Pregnant in Prison – A Recipe for High-Risk Pregnancy

As a mom who was unaware of the issues surrounding these moms-to-be, I was troubled when I read that women are “the fastest growing segment of the prison population.”1 Over a 30 year period, the number of imprisoned women went from 11,212 to nearly 113,000 women.1, 2

Within this population are huge state-to-state and regional disparities. In 2004, more than 10 times more women were imprisoned in Oklahoma than in Massachusetts or Rhode Island.1 Though the reasons for such differences are beyond the scope of this article, those states with high female imprisonment rates need to prepare for the very real issue of pregnant women within their system. More women= more moms-to-be in jail.
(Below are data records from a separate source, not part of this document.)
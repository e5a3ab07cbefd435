//! The signature blob of a backing file: the root of its hash tree, and signing info that is kept as it is.
//!
//! A blob is read exactly where it is what its root and its signing info print; else the fault is that of
//! the first test that it fails. A salt and bytes after an end are refused by name. What is printed is read again.
#![tactic(auto)]

mod parsing;
mod signature;
mod writing;

pub use parsing::{MOST_BLOB, parse};
pub use signature::{SigFault, SigInfo};
pub use writing::print;

#[cfg(test)]
mod tests;
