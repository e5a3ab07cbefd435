ghost use Rattle.std.specs.Prelude.{◌≡◌};
ghost use Rattle.inc_signature.specs.declared.signature.SigFault.TheVariants.{OutOfMemory};

use inc_io::Bytes;
use inc_tree::Digest32;
use std::alloc::AllocError;

/// What a signature blob says: SHA-256 over blocks of 4096 bytes, without salt, with this root.
#[derive(Drop)]
pub struct SigInfo {
    pub root: Digest32,
    /// The signing info section, byte for byte. Nothing here looks into it.
    pub signing: Bytes,
}

/// The first test that the blob fails, in the order of the tests, or want of memory.
#[derive(Clone, Copy, Debug, PartialEq, Eq)]
pub enum SigFault {
    /// A field or a section ends after the blob, or after the section that it is in.
    Short,
    BadVersion,
    /// The hash algorithm is not SHA-256.
    BadAlgorithm,
    /// The block size is not 2^12.
    BadBlockSize,
    /// The salt is not empty.
    Salted,
    BadRootSize,
    /// Bytes stand after the signing info, or in the hash info section after the root.
    Trailing,
    /// The blob is longer than `MOST_BLOB`.
    TooLong,
    OutOfMemory,
}

impl From<AllocError> for SigFault {
    ghost from_gives = { λ _ e. e ≡ OutOfMemory };

    fn from(_e: AllocError) -> SigFault {
        SigFault::OutOfMemory
    }
}
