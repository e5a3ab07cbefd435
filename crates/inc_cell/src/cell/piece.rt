// Whether a piece of a fill is taken.
ghost use Rattle.std.specs.Prelude.{◌≡◌, nat_lt, is_some, IfSome};
ghost use Rattle.inc_bytes.specs.Tests.{first_failing, judge};
ghost use Rattle.inc_layout.specs.opening.Opening.{IsSoundOpened};
ghost use Rattle.inc_cell.specs.events.Pieces.{kind_count, piece_index, piece_tests, stored_tests};

use crate::FileCell;
use inc_disk::Disk;
use inc_entry::Class;
use inc_layout::Opened;
use inc_model::FillError;
use inc_tree::{BLOCK_SIZE, Geometry};

impl<D: Disk> FileCell<D> {
    /// Whether a piece may be filled, by its words alone: which block it says it is, how it is compressed, and how many bytes it has.
    /// The first refusal is told, of the piece with the number 0. It takes no memory.
    pub fn piece_check(
        &self,
        hash: bool,
        number: u32,
        compression: u8,
        len: u32,
    ) -> Result<(), FillError>
        ensures value { result ≡ judge (first_failing (piece_tests self.now.opened hash number compression len)) tt }
    {
        judge_piece(self.opened(), hash, number, compression, len)
    }
}

#[tactic(auto, unfolding(crate::specs::events::Pieces::piece_tests))]
fn judge_piece(
    opened: &Opened,
    hash: bool,
    number: u32,
    compression: u8,
    len: u32,
) -> Result<(), FillError>
    requires sound { IsSoundOpened opened.now }
    ensures value { result ≡ judge (first_failing (piece_tests opened.now hash number compression len)) tt }
{
    let tree = &opened.areas.geometry;
    let Some(index) = index_of(tree, hash, number) else {
        return Err(FillError::OutOfRange { piece: 0 });
    };
    let class = opened.classes.as_slice()[index as usize];
    judge_stored(class, tree.block_len(index), compression, len)
}

/// The index of a block, where the file has it.
fn index_of(tree: &Geometry, hash: bool, number: u32) -> Option<u32>
    ensures there { is_some result ≡ nat_lt number (kind_count tree.now hash) }
    ensures value { IfSome result (λ index. index ≡ piece_index tree.now hash number) }
{
    let content = tree.data_blocks();
    if hash {
        if number >= tree.hash_blocks() {
            return None;
        }
        return Some(content + number);
    }
    if number >= content {
        return None;
    }
    Some(number)
}

/// Judges a piece of a block with this class, whose own bytes are `own_len`.
#[tactic(auto, unfolding(crate::specs::events::Pieces::stored_tests))]
fn judge_stored(class: Class, own_len: u32, compression: u8, len: u32) -> Result<(), FillError>
    ensures value { result ≡ judge (first_failing (stored_tests class own_len compression len)) tt }
{
    if compression != 0 {
        return Err(FillError::Compressed { piece: 0 });
    }
    if matches!(class, Class::Compressed) {
        return Err(FillError::Compressed { piece: 0 });
    }
    if len != own_len {
        if len != BLOCK_SIZE as u32 {
            return Err(FillError::BadLength { piece: 0 });
        }
    }
    if matches!(class, Class::Damaged) {
        return Err(FillError::Damaged { piece: 0 });
    }
    Ok(())
}
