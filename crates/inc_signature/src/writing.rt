ghost use Rattle.std.specs.Prelude.{◌≡◌, ℕ, ◌≤◌, ◌++◌, List, length, IfOk, OnOk, Ok};
ghost use Rattle.inc_bytes.specs.Fields.{AreBytes, le_bytes};
ghost use Rattle.inc_signature.specs.Signature.{hash_info, printed, signature_of};

use crate::parsing::{LOG_BLOCK, ROOT_SIZE, SHA256, VERSION};
use crate::signature::SigInfo;
use inc_bytes::{OutOfMemory, push_u32};
use inc_io::Bytes;
use inc_tree::Digest32;
use std::alloc::Global;

/// The bytes of a hash info section: its fields and the root.
const INFO_SIZE: u32 = 45;

const NO_SALT: u32 = 0;

/// Appends the hash info section with this root.
fn push_info(blob: &mut Vec<u8>, root: &Digest32) -> Result<(), OutOfMemory>
    ensures value { OnOk result (blob.new.items ≡ blob.old.items ++ hash_info root.now) }
    ensures sized { length root.now ≡ 32 }
{
    push_u32(blob, SHA256)?;
    blob.push(LOG_BLOCK)?;
    push_u32(blob, NO_SALT)?;
    push_u32(blob, ROOT_SIZE)?;
    Ok(blob.extend_from_slice(root)?)
}

/// The blob of this root and this signing info. The signing info has at most 8039 bytes.
pub fn print(alloc: Global, s: &SigInfo) -> Result<Bytes, OutOfMemory>
    requires short { length s.now.signing ≤ 8039 }
    ensures value { IfOk result (λ blob. blob ≡ printed s.now.root s.now.signing) }
    // What is printed is read.
    ensures read_back { IfOk result (λ blob. signature_of blob ≡ Ok s.now) }
    // What is read is printed as it was.
    ensures again { IfOk result (λ blob. (bytes : List ℕ) → AreBytes bytes → signature_of bytes ≡ Ok s.now → blob ≡ bytes) }
{
    let signing = s.signing.as_slice();
    let mut blob = Vec::new(alloc);
    push_u32(&mut blob, VERSION)?;
    push_u32(&mut blob, INFO_SIZE)?;
    push_info(&mut blob, &s.root)?;
    push_u32(&mut blob, signing.len() as u32)?;
    blob.extend_from_slice(signing)?;
    Ok(Bytes::from_vec(blob))
}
So, why the rise in women calling prison their home? According to The Rebecca Project for Human Rights, “Women have borne a disproportionate burden of the war on drugs, resulting in a monumental increase of women who are facing incarceration for the first time, overwhelmingly for non-violent offenses.”3 When compared to men, the crimes of incarcerated women are typically non-violent offenses, and often the result of alcohol, drug, and property offenses.4

The Reality: Pregnancy and Incarceration

Six to ten percent of women entering jail are pregnant.5 The nature of this population means the majority fall within the classification of “high-risk.” Medical problems that negatively affect pregnancy outcomes are common. These include: diabetes, epilepsy, HIV, hypertension, cardiac and renal diseases. Also, many of these women have not received adequate medical care prior to their imprisonment. They are more likely to smoke, be heavy drinkers and use illicit drugs.6 These factors have a significant impact on their requirements for increased (often specialized) prenatal care, as well as their need for education, counseling and substance abuse treatment programs throughout pregnancy and beyond.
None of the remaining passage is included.